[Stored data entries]
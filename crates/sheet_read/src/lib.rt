// The total of a sheet, read back from its last block.
#![tactic(auto)]

ghost use Rattle.std.specs.Prelude.{◌+◌, ◌≤◌, ◌≡◌, true, length, take, drop};
ghost use Rattle.sheet_read.specs.Sheet.{from_all_of, ends, read_sheet_of, sheet_in};

use block_read::{read_block, starts_with};
use total::Total;

// A text is no sheet: the line, from 1, at which it is none.
#[derive(Clone, Copy, PartialEq, Eq)]
pub struct Wrong {
    pub line: u64,
}

// Where the first line begins that begins with `all `; without one, the end.
pub fn find_all(text: &[u8]) -> usize
    ensures text_value { drop result text.now ≡ from_all_of true text.now }
    ensures upper_bound { result ≤ length text.now }
{
    let mut start = true;
    for i in 0..text.len() {
        if start {
            if starts_with(&text[i..], b"all ") {
                return i;
            }
        }
        start = text[i] == b'\n';
    }
    text.len()
}

// How many lines end in a text.
pub fn count_ends(text: &[u8]) -> u64
    ensures { result ≡ ends text.now }
{
    let mut count: u64 = 0;
    for &b in text {
        if b == b'\n' {
            count += 1;
        }
    }
    count
}

// It is no sheet from that place on.
fn wrong_at(text: &[u8], stop: usize) -> Wrong
    requires { stop ≤ length text.now }
    ensures { result.line ≡ ends (take stop text.now) + 1 }
{
    let line = count_ends(&text[..stop]) + 1;
    Wrong { line }
}

// The total of a sheet, or the line at which it is none.
pub fn read_sheet(text: &[u8]) -> Result<Total, Wrong>
    ensures { sheet_in result ≡ read_sheet_of text.now }
{
    let at = find_all(text);
    match read_block(&text[at..]) {
        Ok((total, end)) => {
            let stop = at + end;
            if stop == text.len() {
                return Ok(total);
            }
            Err(wrong_at(text, stop))
        }
        Err(end) => Err(wrong_at(text, at + end)),
    }
}
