// The screening of a register: tests 1 to 9 of the table, each over the whole register before the next.
#![tactic(auto)]

ghost use Rattle.std.specs.Prelude.{◌≡◌, ◌↔◌, ℕ, ◌+◌, ◌*◌, ◌≤◌, List, map, length, take};
ghost use Rattle.lists.specs.Lists.{one_if};
ghost use Rattle.history.specs.Table.{largest_count, row_count, op_at, bears, rows_of, history, Alike};
ghost use Rattle.history.specs.Answer.{first_met, passed};
ghost use Rattle.history.specs.Screen.{examined, screening, Screened};
ghost use Rattle.conditions.specs.Tests.{row_tests, Listed};
ghost use Rattle.screening.specs.Ready.{Ready, Gathered};

use history::{Answer, Code, Row};

// The count of the register's rows.
pub fn count(table: &[u64], register: u64) -> usize
    ensures { result ≡ length (history table.now register) }
{
    let n = table.len() / Row::COLUMNS;
    let mut rows = 0;
    for i in 0..n {
        if history::bears(table, register, i) {
            rows += 1;
        }
    }
    rows
}

// The rows of the register in table sequence, at the front of the slice; their number.
fn gather(table: &[u64], register: u64, rows: &mut [u64]) -> usize
    requires { row_count table.now ≤ length rows.old }
    ensures { (result ≡ length (rows_of table.now register)) × (take result rows.new ≡ rows_of table.now register) }
{
    let n = table.len() / Row::COLUMNS;
    let mut m = 0;
    for row in 0..n {
        if history::bears(table, register, row) {
            rows[m] = row as u64;
            m += 1;
        }
    }
    m
}

// Tests 4 to 9 of the rows, with places for what they look at.
fn examine_rows(table: &[u64], rows: &[u64], writer: &mut [u64]) -> Answer
    requires { Ready table.now rows.now writer.old }
    ensures { result ≡ first_met (row_tests (map (op_at table.now) rows.now)) (passed (length rows.now)) }
{
    writers::writers(table, rows, writer);
    conditions::test_rows(table, rows, writer)
}

// Tests 4 to 9 of at most N rows.
fn listed_sized<const N: usize>(table: &[u64], rows: &[u64]) -> Answer
    requires listed { Listed table.now rows.now }
    requires size { N ≤ largest_count }
    requires room { length rows.now ≤ N }
    ensures { result ≡ first_met (row_tests (map (op_at table.now) rows.now)) (passed (length rows.now)) }
{
    let n = rows.len();
    let mut writer = [0u64; N];
    examine_rows(table, rows, &mut writer[..n])
}

// Tests 4 to 9 of rows of the table, rising.
pub fn examine_listed(table: &[u64], rows: &[u64]) -> Answer
    requires { Listed table.now rows.now }
    ensures { result ≡ first_met (row_tests (map (op_at table.now) rows.now)) (passed (length rows.now)) }
{
    let n = rows.len();
    if n <= Row::FEW {
        listed_sized::<{ Row::FEW }>(table, rows)
    } else if n <= Row::SOME {
        listed_sized::<{ Row::SOME }>(table, rows)
    } else {
        listed_sized::<{ Row::LARGEST_COUNT }>(table, rows)
    }
}

// Tests 4 to 9 of a register, with a place for each row of the table; its rows stand at the front of the slice then.
fn examine_gathered(table: &[u64], register: u64, rows: &mut [u64]) -> Answer
    requires table_bound { row_count table.now ≤ largest_count }
    requires table_in_bounds { row_count table.now ≤ length rows.old }
    ensures value { result ≡ first_met (row_tests (history table.now register)) (passed (length (history table.now register))) }
    ensures gathered { Gathered table.now register rows.new }
{
    let n = gather(table, register, rows);
    examine_listed(table, &rows[..n])
}

// Tests 1 to 9, with a place for each row of a table that passes the first two; where none refuses, the register's rows stand at the front of
// the slice then. `unasked` is the condition of test 3: no such question, or a k of 0.
pub fn examine_into(table: &[u64], register: u64, unasked: bool, rows: &mut [u64]) -> Answer
    requires { row_count table.now ≤ largest_count → row_count table.now ≤ length rows.old }
    ensures value { result ≡ examined (length table.now) (history table.now register) unasked }
    ensures gathered { result.code ≡ 0 → Gathered table.now register rows.new }
{
    if table.len() % Row::COLUMNS != 0 {
        return Code::Ragged.at(0);
    }
    if Row::LARGEST_COUNT < table.len() / Row::COLUMNS {
        return Code::Overfull.at(0);
    }
    if unasked {
        return Code::NoSuchQuestion.at(0);
    }
    examine_gathered(table, register, rows)
}

// Tests 1 to 9, with places for N rows.
fn examine_sized<const N: usize>(table: &[u64], register: u64, unasked: bool) -> Answer
    requires size { N ≤ largest_count }
    requires room { row_count table.now ≤ largest_count → row_count table.now ≤ N }
    ensures { result ≡ examined (length table.now) (history table.now register) unasked }
{
    let mut rows = [0u64; N];
    examine_into(table, register, unasked, &mut rows)
}

// Tests 1 to 9.
pub fn examine(table: &[u64], register: u64, unasked: bool) -> Answer
    ensures { result ≡ examined (length table.now) (history table.now register) unasked }
{
    if table.len() / Row::COLUMNS <= Row::FEW {
        examine_sized::<{ Row::FEW }>(table, register, unasked)
    } else {
        examine_sized::<{ Row::LARGEST_COUNT }>(table, register, unasked)
    }
}

// The screening: code 0 with the count of the register's rows exactly where the register is as the record `Screened` says.
pub fn screen(table: &[u64], register: u64) -> Answer
    ensures answer { result ≡ screening table.now register }
    ensures meaning { (result.code ≡ 0) ↔ Screened (length table.now) (history table.now register) }
    ensures alike { (u : List ℕ) → Alike table.now u register → result ≡ screening u register }
{
    examine(table, register, false)
}
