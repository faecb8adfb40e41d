// One run of a store in form: the causes that calls on a run share, and how a run is freed, marked
// and broken in its words.
#![tactic(auto)]

pub mod lent;

ghost use Rattle.std.specs.Prelude.{◌≡◌, ◌+◌, ◌≤◌, ◌<◌, length};
ghost use Rattle.answers.specs.Refusals.{cause_number};
ghost use Rattle.states.specs.Rows.{row_number};
ghost use Rattle.sizes.specs.Runs.{read_offset, plan_offset};
ghost use Rattle.model.specs.Store.{free_run};
ghost use Rattle.model.specs.Outcome.{run_cause};
ghost use Rattle.layout.specs.Reading.{store_of};
ghost use Rattle.layout.specs.Stored.{put_run};
ghost use Rattle.form.specs.Parts.{RunArea, FormWith};
ghost use Rattle.status.specs.Lent.{status_at, put_status, freed, marked, spoiled};

use answers::refusal::Refusal;
use lent::{RunStatus, freed, marked, spoiled};
use sizes::Counts;
use sizes::run::RunOffset;
use states::{Row, is_allowed};
use words::zero;

// Why a call on run r is refused by the run alone: there is no such run, or its state isn't one
// that the call, a row of the table, allows.
pub fn run_cause(words: &[u32], z: Counts, row: Row, r: usize) -> Result<(), Refusal>
    requires { FormWith words.now z }
    ensures { cause_number result
        ≡ run_cause (store_of words.now) (row_number row) r 0 }
{
    if z.runs <= r {
        return Err(Refusal::OutOfRange);
    }
    let at = z.run_at(r);
    if !is_allowed(row, words[at]) {
        return Err(Refusal::WrongState);
    }
    Ok(())
}

// Makes the run at an index a free one: all its words are zero.
pub fn clear_run(words: &mut [u32], z: Counts, at: usize)
    requires { RunArea (length words.old) z at }
    ensures { words.new ≡ put_run z words.old at free_run }
{
    let n = z.run_size();
    free_status(words, at);
    zero(words, at + RunOffset::PLAN, n - RunOffset::PLAN);
}

// Frees what stands first in the run at an index.
fn free_status(words: &mut [u32], at: usize)
    requires { at + plan_offset ≤ length words.old }
    ensures { words.new
        ≡ put_status words.old at (at + read_offset)
        (freed (status_at words.old at (at + read_offset))) }
{
    let read = at + RunOffset::READ;
    let s = freed(status_at(words, at, read));
    put_status(words, at, read, s);
}

// Marks in the run at an index which jobs are done, and at the index of a branch's read mask which
// keys it has read.
pub fn mark_done(words: &mut [u32], at: usize, read: usize, done: u32, reads: u32)
    requires { (at + plan_offset ≤ length words.old) × (read < length words.old) }
    ensures { words.new
        ≡ put_status words.old at read
        (marked (status_at words.old at read) done reads) }
{
    let s = marked(status_at(words, at, read), done, reads);
    put_status(words, at, read, s);
}

// Breaks the run at an index.
pub fn mark_broken(words: &mut [u32], at: usize)
    requires { at + plan_offset ≤ length words.old }
    ensures { words.new
        ≡ put_status words.old at (at + read_offset)
        (spoiled (status_at words.old at (at + read_offset))) }
{
    let read = at + RunOffset::READ;
    let s = spoiled(status_at(words, at, read));
    put_status(words, at, read, s);
}

// What stands first in the run at an index, with the read mask at another.
fn status_at(words: &[u32], at: usize, read: usize) -> RunStatus
    requires { (at + plan_offset ≤ length words.now) × (read < length words.now) }
    ensures { result ≡ status_at words.now at read }
{
    RunStatus {
        state: words[at],
        jobs: words[at + RunOffset::JOBS],
        done: words[at + RunOffset::DONE],
        read: words[read],
    }
}

// Stores what stands first in the run at an index, with the read mask at another.
fn put_status(words: &mut [u32], at: usize, read: usize, s: RunStatus)
    requires { (at + plan_offset ≤ length words.old) × (read < length words.old) }
    ensures { words.new ≡ put_status words.old at read s }
{
    words[at] = s.state;
    words[at + RunOffset::JOBS] = s.jobs;
    words[at + RunOffset::DONE] = s.done;
    words[read] = s.read;
}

**WORK INSTRUCTIONS:** Work out how many lines in the records above contain the word "each". State only that number.

**REPLY:** 3